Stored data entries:
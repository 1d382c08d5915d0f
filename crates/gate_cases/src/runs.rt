// Whole runs over copies of one record.
ghost use Rattle.std.specs.Prelude.{◌≢◌, None};

use crate::threads::meeting::Meeting;
use cip_io::{Failed, MemSink, MemSource, Sink, Source, SteadySource};
use cip_run::{LIMITS, Open, run, run_limits};
use gate_tables::{Row, Text, words};
use std::alloc::{AllocError, Global};
use std::sync::atomic::{AtomicU64, Ordering};
use std::thread::Threads;

fn copies(alloc: Global, record: &[u8], times: u32) -> Result<Vec<u8>, AllocError> {
    let mut bytes = Vec::new(alloc);
    for _ in 0..times {
        bytes.extend_from_slice(record)?;
    }
    Ok(bytes)
}

// n copies of a record with an item before its terminator line.
fn with_item(alloc: Global, record: &[u8], item: &str, times: u32) -> Result<Vec<u8>, AllocError> {
    let Some(front) = record.strip_suffix(b"$$$$\n") else {
        return Ok(Vec::new(alloc));
    };
    let mut once = front.to_vec(alloc)?;
    once.extend_from_slice(item.as_bytes())?;
    once.extend_from_slice(b"$$$$\n")?;
    copies(alloc, &once, times)
}

// A sink that takes all that is written here, and one for what is said.
#[derive(Drop)]
struct Sinks {
    written: MemSink,
    said: MemSink,
}

fn new_sinks(alloc: Global) -> Result<Sinks, AllocError> {
    Ok(Sinks {
        written: MemSink::with_room(alloc, 65_536, 250_000, Vec::new(alloc))?,
        said: MemSink::with_room(alloc, 16, 100, Vec::new(alloc))?,
    })
}

// What was said, and whether n copies of a record are answered by an item.
fn push_left(alloc: Global, out: &mut Text, sinks: Sinks, record: &[u8], item: &str, times: u32) {
    let Sinks { written, said } = sinks;
    out.push_barred(said.into_bytes().as_slice());
    match with_item(alloc, record, item, times) {
        Ok(expected) if written.into_bytes() == expected => out.push_str(" all answered"),
        Ok(_) => {}
        Err(_) => out.miss(),
    }
}

// A source that never fails: a record n times, and then n letters, none of which is held.
#[derive(Drop)]
struct LongRecord<'a> {
    record: &'a [u8],
    times: u64,
    letters: u64,
}

impl<'a> Source for LongRecord<'a> {
    ghost left = { λ _. None };

    ghost faults = { λ _. 0 };

    fn pull(&mut self, into: &mut [u8]) -> Result<usize, Failed> {
        if self.times > 0 {
            self.times -= 1;
            let count = self.record.len().min(into.len());
            into[..count].copy_from_slice(&self.record[..count]);
            return Ok(count);
        }
        let count = self.letters.min(into.len() as u64) as usize;
        into[..count].fill(b'x');
        self.letters -= count as u64;
        Ok(count)
    }
}

/// The status of a run over 300 copies of a record and one of more than 16 mebibytes, whether all copies are answered by
/// the row's item, and what is said.
pub fn long_record<R: Threads + Sync>(
    rt: &R,
    alloc: Global,
    out: &mut Text,
    row: &Row,
    record: &[u8],
) {
    let Ok(words) = words(alloc, "annotate") else {
        return out.miss();
    };
    let Ok(mut sinks) = new_sinks(alloc) else {
        return out.miss();
    };
    let mut source = LongRecord {
        record,
        times: 300,
        letters: 16_777_217,
    };
    let status = run(
        rt,
        alloc,
        &words,
        &mut source,
        &mut sinks.written,
        &mut sinks.said,
    );
    write!(out, "{status} ");
    push_left(alloc, out, sinks, record, row.field(3), 300)
}

// A source that can't fail never ends a run with a read fault.
fn run_steadily<R: Threads + Sync, K: Sink, E: Sink>(
    rt: &R,
    alloc: Global,
    words: &[String],
    source: &mut SteadySource,
    sink: &mut K,
    diag: &mut E,
) -> u8
    ensures { result ≢ 3 }
{
    run(rt, alloc, words, source, sink, diag)
}

/// The status of a run over a record whose source can't fail.
pub fn steady<R: Threads + Sync>(rt: &R, alloc: Global, out: &mut Text, record: &[u8]) {
    let Ok(bytes) = copies(alloc, record, 1) else {
        return out.miss();
    };
    push_steady(rt, alloc, out, &mut MemSource::steady(bytes, 3))
}

fn push_steady<R: Threads + Sync>(
    rt: &R,
    alloc: Global,
    out: &mut Text,
    source: &mut SteadySource,
) {
    let Ok(words) = words(alloc, "annotate") else {
        return out.miss();
    };
    let Ok(mut sinks) = new_sinks(alloc) else {
        return out.miss();
    };
    let status = run_steadily(
        rt,
        alloc,
        &words,
        source,
        &mut sinks.written,
        &mut sinks.said,
    );
    write!(out, "{status}")
}

// A source that fails at its second call where nothing was written before.
#[derive(Drop)]
struct Watching<'a> {
    bytes: &'a [u8],
    calls: u64,
    writes: &'a AtomicU64,
    faults: u64,
}

impl<'a> Source for Watching<'a> {
    ghost left = { λ _. None };

    ghost faults = { λ source. source.faults };

    fn pull(&mut self, into: &mut [u8]) -> Result<usize, Failed> {
        self.calls = self.calls.saturating_add(1);
        if self.calls == 2 && self.writes.load(Ordering::SeqCst) == 0 {
            self.faults = self.faults.saturating_add(1);
            return Err(Failed);
        }
        let count = self.bytes.len().min(into.len());
        into[..count].copy_from_slice(&self.bytes[..count]);
        self.bytes = &self.bytes[count..];
        Ok(count)
    }
}

// A sink that counts what was written to it.
#[derive(Drop)]
struct Written<'a> {
    writes: &'a AtomicU64,
}

impl<'a> Sink for Written<'a> {
    ghost taken = { λ _. None };

    ghost faults = { λ _. 0 };

    fn push(&mut self, piece: &[u8]) -> Result<usize, Failed> {
        self.writes.fetch_add(1, Ordering::SeqCst);
        Ok(piece.len())
    }
}

/// The status of a run over 300 copies of a record, how often it read, and how often it wrote. The first piece of three has
/// 136 of them, and the answers to these are written before the second one is asked for. Each batch of eight is written at
/// once: 37 batches, and the last four records.
pub fn flow<R: Threads + Sync>(rt: &R, alloc: Global, out: &mut Text, record: &[u8]) {
    let Ok(bytes) = copies(alloc, record, 300) else {
        return out.miss();
    };
    let writes = AtomicU64::new(0);
    let mut source = Watching {
        bytes: &bytes,
        calls: 0,
        writes: &writes,
        faults: 0,
    };
    let mut sink = Written { writes: &writes };
    push_flow(rt, alloc, out, &mut source, &mut sink);
    write!(out, " {} {}", source.calls, writes.load(Ordering::SeqCst))
}

fn push_flow<R: Threads + Sync>(
    rt: &R,
    alloc: Global,
    out: &mut Text,
    source: &mut Watching<'_>,
    sink: &mut Written<'_>,
) {
    let Ok(words) = words(alloc, "annotate") else {
        return out.miss();
    };
    let Ok(mut said) = MemSink::with_room(alloc, 16, 100, Vec::new(alloc)) else {
        return out.miss();
    };
    let status = run(rt, alloc, &words, source, sink, &mut said);
    write!(out, "{status}")
}

/// The status of a run over three batches of eight records for each worker, and whether all are answered by the row's
/// item; and what the gate counts at which two workers meet in each batch.
pub fn meet<R: Threads + Sync>(rt: &R, alloc: Global, out: &mut Text, row: &Row, record: &[u8]) {
    match Meeting::new(alloc, row.number(4).min(1_000)) {
        Ok(meeting) => push_meet(rt, alloc, out, row, record, &meeting),
        Err(_) => out.miss(),
    }
}

fn push_meet<R: Threads + Sync>(
    rt: &R,
    alloc: Global,
    out: &mut Text,
    row: &Row,
    record: &[u8],
    meeting: &Meeting,
) {
    let records = row.number(4).min(1_000) * 3;
    let Ok(bytes) = copies(alloc, record, records) else {
        return out.miss();
    };
    let Ok(mut sinks) = new_sinks(alloc) else {
        return out.miss();
    };
    let mut source = MemSource::steady(bytes, 65_536);
    match run_at(rt, alloc, row.field(5), meeting, &mut source, &mut sinks) {
        Ok(status) => write!(out, "{status} "),
        Err(_) => out.miss(),
    }
    push_left(alloc, out, sinks, record, row.field(3), records);
    meeting.push_told(out)
}

fn run_at<R: Threads + Sync>(
    rt: &R,
    alloc: Global,
    line: &str,
    meeting: &Meeting,
    source: &mut SteadySource,
    sinks: &mut Sinks,
) -> Result<u8, AllocError> {
    let words = words(alloc, line)?;
    Ok(run_limits(
        rt,
        alloc,
        &words,
        LIMITS,
        meeting,
        source,
        &mut sinks.written,
        &mut sinks.said,
    ))
}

WHAT TO DO: From the data above, output only the lines between the line containing "for what is said." and the line containing "let count = self.letters.min(into.len()", inclusive, exactly as written.

YOUR RESPONSE:
// A sink that takes all that is written here, and one for what is said.
#[derive(Drop)]
struct Sinks {
    written: MemSink,
    said: MemSink,
}

fn new_sinks(alloc: Global) -> Result<Sinks, AllocError> {
    Ok(Sinks {
        written: MemSink::with_room(alloc, 65_536, 250_000, Vec::new(alloc))?,
        said: MemSink::with_room(alloc, 16, 100, Vec::new(alloc))?,
    })
}

// What was said, and whether n copies of a record are answered by an item.
fn push_left(alloc: Global, out: &mut Text, sinks: Sinks, record: &[u8], item: &str, times: u32) {
    let Sinks { written, said } = sinks;
    out.push_barred(said.into_bytes().as_slice());
    match with_item(alloc, record, item, times) {
        Ok(expected) if written.into_bytes() == expected => out.push_str(" all answered"),
        Ok(_) => {}
        Err(_) => out.miss(),
    }
}

// A source that never fails: a record n times, and then n letters, none of which is held.
#[derive(Drop)]
struct LongRecord<'a> {
    record: &'a [u8],
    times: u64,
    letters: u64,
}

impl<'a> Source for LongRecord<'a> {
    ghost left = { λ _. None };

    ghost faults = { λ _. 0 };

    fn pull(&mut self, into: &mut [u8]) -> Result<usize, Failed> {
        if self.times > 0 {
            self.times -= 1;
            let count = self.record.len().min(into.len());
            into[..count].copy_from_slice(&self.record[..count]);
            return Ok(count);
        }
        let count = self.letters.min(into.len() as u64) as usize;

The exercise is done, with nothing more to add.